------ Given information ------

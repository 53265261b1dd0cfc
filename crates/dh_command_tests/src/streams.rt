//! The streams of the program: interruptions, ends and failures.

use dh_ports::{Feed, ReadError, Sink, WriteError};
use dh_streams::{Source, Target};
use std::io;
use std::io::{ErrorKind, Read, Write};
use std::test::Fail;

/// A reader that fails, and a writer that takes nothing.
#[derive(Drop)]
struct Broken;

impl Read for Broken {
    fn read(&mut self, _into: &mut [u8]) -> io::Result<usize> {
        Err(io::Error::from(ErrorKind::BrokenPipe))
    }
}

impl Write for Broken {
    fn write(&mut self, _bytes: &[u8]) -> io::Result<usize> {
        Ok(0)
    }

    fn flush(&mut self) -> io::Result<()> {
        Ok(())
    }
}

/// A stream that is interrupted so many times, and then gives or takes one byte.
#[derive(Drop)]
struct Interrupted {
    times: u64,
}

impl Interrupted {
    fn go_on(&mut self) -> io::Result<()> {
        if self.times == 0 {
            return Ok(());
        }
        self.times -= 1;
        Err(io::Error::from(ErrorKind::Interrupted))
    }
}

impl Read for Interrupted {
    fn read(&mut self, into: &mut [u8]) -> io::Result<usize> {
        self.go_on()?;
        if into.is_empty() {
            return Ok(0);
        }
        into[0] = b'7';
        Ok(1)
    }
}

impl Write for Interrupted {
    fn write(&mut self, bytes: &[u8]) -> io::Result<usize> {
        self.go_on()?;
        Ok(bytes.len().min(1))
    }

    fn flush(&mut self) -> io::Result<()> {
        Ok(())
    }
}

#[test]
fn goes_on_after_interruptions(rt: HostRuntime) -> Result<(), Fail> {
    let mut source = Source::new(Interrupted { times: 2 });
    let mut piece = [0u8; 4];
    assert_eq!(rt; source.read(&mut piece), Ok(1));
    assert_eq!(rt; piece, [b'7', 0, 0, 0]);
    let mut target = Target::new(Interrupted { times: 2 });
    assert_eq!(rt; target.write(b"abc"), Ok(1));
    Ok(())
}

#[test]
fn reads_and_fails(rt: HostRuntime) -> Result<(), Fail> {
    let mut source = Source::new(b"1 + 2".as_slice());
    let mut piece = [0u8; 4];
    assert_eq!(rt; source.read(&mut piece), Ok(4));
    assert_eq!(rt; piece.as_slice(), b"1 + ".as_slice());
    assert_eq!(rt; source.read(&mut piece), Ok(1));
    assert_eq!(rt; source.read(&mut piece), Ok(0));
    let mut broken = Source::new(Broken);
    assert_eq!(rt; broken.read(&mut piece), Err(ReadError::Failed));
    Ok(())
}

#[test]
fn writes_and_fails(rt: HostRuntime) -> Result<(), Fail> {
    let mut written = Vec::new(rt.alloc());
    let mut target = Target::new(&mut written);
    assert_eq!(rt; target.write(b"abc"), Ok(3));
    drop(target);
    assert_eq!(rt; written.as_slice(), b"abc".as_slice());
    let mut broken = Target::new(Broken);
    assert_eq!(rt; broken.write(b"abc"), Err(WriteError::Failed));
    assert_eq!(rt; broken.write(b""), Ok(0));
    Ok(())
}
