//! Files of cases, read and refused.

use dh_cases::{Fault, read_cases};
use std::test::Fail;

/// Cases with each field.
const WHOLE: &str = r#"# A comment.
define pair
  text a
  line b

case file
words type
file ./a
  use pair
allow h

case whole
words normalize --workers 2
words
word a b
then hash
desks 3
files file
answers 404 http://h/x
cache 0000000000000000000000000000000000000000000000000000000000000000
  hex F5 0a
narrow read err
fail fetch 2 3
input text [
  repeat 2 text x
  count 9 11 text {#},
  bytes ]\x0A\n\\
out line 1
status 4
asked 5
keeps 6

case rows
words type
input text <
out text >
err text !
kept 0101010101010101010101010101010101010101010101010101010101010101
  text k
rows text line
  x ~> B
  y ~3> z
rows hex bytes
  61 62 ~> \xff
"#;

/// What they say.
const READ: &str =
    r#"Case { name: "file", line: 6, commands: [["type"]], then: [], files: [File { line: 8, location: "./a", found: Text { bytes: [97, 98, 10], allow: Some([104]) } }], cache: [], narrow: Narrow { read: false, out: false, err: false }, failing: Failing { read: [], out: [], err: [], fetch: [], look: [], keep: [] }, desks: 1, rows: [Row { line: 6, input: [], out: [], err: [], status: 0 }], asked: None, kept: [], keeps: None }
Case { name: "whole", line: 12, commands: [["normalize", "--workers", "2"], ["a b"]], then: [["hash"]], files: [File { line: 8, location: "./a", found: Text { bytes: [97, 98, 10], allow: Some([104]) } }, File { line: 19, location: "http://h/x", found: Status(404) }], cache: [Entry { digest: [0, 0, 0, 0, 0, 0, 0, 0, 0, 0, 0, 0, 0, 0, 0, 0, 0, 0, 0, 0, 0, 0, 0, 0, 0, 0, 0, 0, 0, 0, 0, 0], bytes: [245, 10] }], narrow: Narrow { read: true, out: false, err: true }, failing: Failing { read: [], out: [], err: [], fetch: [2, 3], look: [], keep: [] }, desks: 3, rows: [Row { line: 12, input: [91, 120, 120, 57, 44, 49, 48, 44, 93, 10, 10, 92], out: [49, 10], err: [], status: 4 }], asked: Some(5), kept: [], keeps: Some(6) }
Case { name: "rows", line: 33, commands: [["type"]], then: [], files: [], cache: [], narrow: Narrow { read: false, out: false, err: false }, failing: Failing { read: [], out: [], err: [], fetch: [], look: [], keep: [] }, desks: 1, rows: [Row { line: 41, input: [60, 120], out: [62, 66, 10], err: [], status: 0 }, Row { line: 42, input: [60, 121], out: [], err: [33, 122, 10], status: 3 }, Row { line: 44, input: [60, 97, 98], out: [62, 255], err: [], status: 0 }], asked: None, kept: [Entry { digest: [1, 1, 1, 1, 1, 1, 1, 1, 1, 1, 1, 1, 1, 1, 1, 1, 1, 1, 1, 1, 1, 1, 1, 1, 1, 1, 1, 1, 1, 1, 1, 1], bytes: [107] }], keeps: None }
"#;

#[test]
fn reads_each_field(rt: HostRuntime) -> Result<(), Fail> {
    let alloc = rt.alloc();
    let cases = read_cases(alloc, WHOLE)?;
    let mut read = String::new(alloc);
    for case in &cases {
        let line = format!(in alloc; "{case:?}\n")?;
        read.push_str(line.as_str())?;
    }
    assert_eq!(rt; read.as_str(), READ);
    Ok(())
}

#[test]
fn refuses_lines(rt: HostRuntime) -> Result<(), Fail> {
    for (text, line, fault) in [
        ("", 1, Fault::NoCase),
        ("# no case\n", 1, Fault::NoCase),
        ("words x\n", 1, Fault::OutsideOfCases),
        ("  text x\n", 1, Fault::NothingAbove),
        ("case\n", 1, Fault::NoName),
        ("case a\n", 1, Fault::NoWords),
        ("define a\ndefine a\n", 2, Fault::NameTwice),
        ("case a\nwords x\ncase a\n", 3, Fault::NameTwice),
        ("case a\nwords x\ninput text \n", 3, Fault::BlankAtEnd),
        ("case a\nwords x\nword\n  text y\n", 3, Fault::NothingBelow),
        (
            "case a\nwords x\ninput text a\ninput text b\n",
            4,
            Fault::Twice,
        ),
        ("case a\nwords x\nstatus 0\nstatus 0\n", 4, Fault::Twice),
        ("case a\nwords x\ninputs text a\n", 3, Fault::UnknownField),
        ("case a\nwords x\ninput txt a\n", 3, Fault::UnknownPart),
        ("case a\nwords x\ninput\n  use b\n", 4, Fault::UnknownName),
        ("case a\nwords x\nfiles a\n", 3, Fault::UnknownCase),
        ("case a\nwords x\nfail reads 1\n", 3, Fault::UnknownDevice),
        ("case a\nwords x\nnarrow keep\n", 3, Fault::UnknownDevice),
        ("case a\nwords x\nnarrow out out\n", 3, Fault::Twice),
        ("case a\nwords x\nfail read one\n", 3, Fault::NotNumber),
        ("case a\nwords x\nstatus 256\n", 3, Fault::NotNumber),
        (
            "case a\nwords x\ninput repeat -1 text x\n",
            3,
            Fault::NotNumber,
        ),
        ("case a\nwords x\ninput hex 0\n", 3, Fault::NotHexadecimal),
        ("case a\nwords x\nout bytes \\x0\n", 3, Fault::NotEscape),
        ("case a\nwords x\nkept 00\n  hex 00\n", 3, Fault::NotDigest),
        ("case a\nword x\n", 2, Fault::NoWordsAbove),
        ("case a\nwords x\nallow x\n", 3, Fault::NoFileAbove),
        ("case a\nwords x\ndesks 0\n", 3, Fault::NoDesk),
        ("case a\nwords x\nrows text line\n", 3, Fault::NoRows),
        (
            "case a\nwords x\nrows text line\n  1 ~ 2\n",
            4,
            Fault::NoArrow,
        ),
        (
            "case a\nwords x\nrows text line\n  1 ~> 2\nout text x\n",
            5,
            Fault::BelowRows,
        ),
        (
            "case a\nwords x\nstatus 1\nrows text line\n  1 ~> 2\n",
            1,
            Fault::StatusOfRows,
        ),
    ] {
        match read_cases(rt.alloc(), text) {
            Ok(_) => return Err(Fail::from("a case")),
            Err(error) => {
                assert_eq!(rt; error.line, line, "{text}");
                assert_eq!(rt; error.fault, fault, "{text}");
            }
        }
    }
    Ok(())
}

------

* **Try it**
Where a line above contains the string "NotNumber", copy that line.

* **The completed task**
        ("case a\nwords x\nfail read one\n", 3, Fault::NotNumber),
        ("case a\nwords x\nstatus 256\n", 3, Fault::NotNumber),
            Fault::NotNumber,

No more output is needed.